In practice, after changing a couple of lines in one or more documents these changes are recorded as one “Changeset”. These changesets can be displayed as a timeline and one can go back to the state of the documents at any point in its history.

A sample of the timeline of several changes in a DVCS

This in itself is alreday clearly useful, but what really makes DVCS magnificent tools is the ability to manage not just a simple linear progression of changes but different “Branches”. This allows several people to make changes to the text, share their changesets and let the system automatically combine their changes into a new version.

Because changes by many people creating many branches can become confusing, there are some great tools to visualize these changes, as well as complex workflows that allow others to review and authorize changes via their cryptographic signature.

So how would these tools be useful in creating law texts? The main benefit would be to clearly document which politician introduced which line into a law, and which edits they made. Others in the working group could create branches with their favoured wording, and these could then be combined into the final version that is voted on by parliament.

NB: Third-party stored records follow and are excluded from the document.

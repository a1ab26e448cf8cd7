//! Service periods of stations that sleep (U-APSD; IEEE 802.11-2012, 10.2.1.5). `PathAsk::Service` makes the
//! calls about them.

ghost use Rattle.std.specs.Prelude.{◌≡◌, ◌&&◌, ℕ, is_some, if◌then◌else◌};
ghost use Rattle.wf_frame.specs.Frames.{FrameValue};
ghost use Rattle.wf_frame.specs.declared.notes.Ask.TheVariants.{Service};
ghost use Rattle.wf_def_world.specs.World.{World, station as world_station};
ghost use Rattle.wf_law_runs.specs.Services.{is_in_service};
ghost use Rattle.wf_send_half_model.specs.Standing.{StandsFor};
ghost use Rattle.wf_send_parts.specs.Members.{member};
ghost use Rattle.wf_send_parts.specs.Sleepers.{sleeper};
ghost use Rattle.wf_path.specs.Paths.{IsAnsweredBriefly};

use crate::Path;
use wf_frame::{Brief, ServiceAsk};

impl Path {
    // Makes a call about the service periods of a station.
    pub(crate) fn service(&mut self, ask: ServiceAsk) -> Brief
        ensures { IsAnsweredBriefly self.old (Service ask) self.new result }
    {
        match self.half.service(ask) {
            Ok(answer) => Brief::Service(answer),
            Err(reason) => Brief::Refused(reason),
        }
    }

    /// Returns whether a service period of a station is open; it is not if the station is not live. If pulls
    /// of all delivery-enabled classes are Idle meanwhile, the driver waits until no exchange to the station
    /// is open, sends a QoS Null frame with the EOSP bit, and calls `ServiceAsk::End`.
    pub fn is_in_service(&self, station: u16) -> bool
        ensures value { result ≡ (is_some (member self.now.half.members station)
            && is_some (sleeper self.now.half.sleepers station).service) }
        ensures world { (w : World) (bodies : ℕ → FrameValue) → StandsFor self.now.half w bodies →
            result ≡ is_in_service w station }
    {
        self.half.is_in_service(station)
    }

    /// Returns the delivery-enabled classes of a station, 0 to 15: bit c is 1 if class number c is one. A
    /// station that is not live has none.
    pub fn delivery(&self, station: u16) -> u8
        ensures value { result ≡ (if is_some (member self.now.half.members station)
            then (sleeper self.now.half.sleepers station).delivery else 0) }
        ensures world { (w : World) (bodies : ℕ → FrameValue) → StandsFor self.now.half w bodies →
            result ≡ (world_station w station).delivery }
    {
        self.half.delivery(station)
    }
}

One very useful tool is the blame tool (sometimes also called praise or annotate), which displays a document in such a way that each line is tagged with the person who last changed it. I think that it could be quite revealing to see who changed what in our laws, a process that at present would be very time consuming.

The website Abgeordnetenwatch already tracks the voting behaviour of the members of the German parliament, and it would be a great extension of this effort if the genesis of all law texts were plain to see for everyone as well. Bundesgit already puts the final German law texts into a Git database - but because these are only the final texts and Git is only accessed by a single person instead of the real authors, the real power of a DVCS can’t be used. For things like the blame tool to work, all the small changes during the draft stage in the parliament’s working group would have to be made inside a DVCS by their respective authors.

I am sure that there are many more potential improvements to the process of lawmaking that would be possible if lawmakers used DVCS tools. But the main and immediate advantage would be an increase in transparency, which in the end is what democracy is all about. Laws are the source code of our societies. Let’s make sure they are made with the best tools available.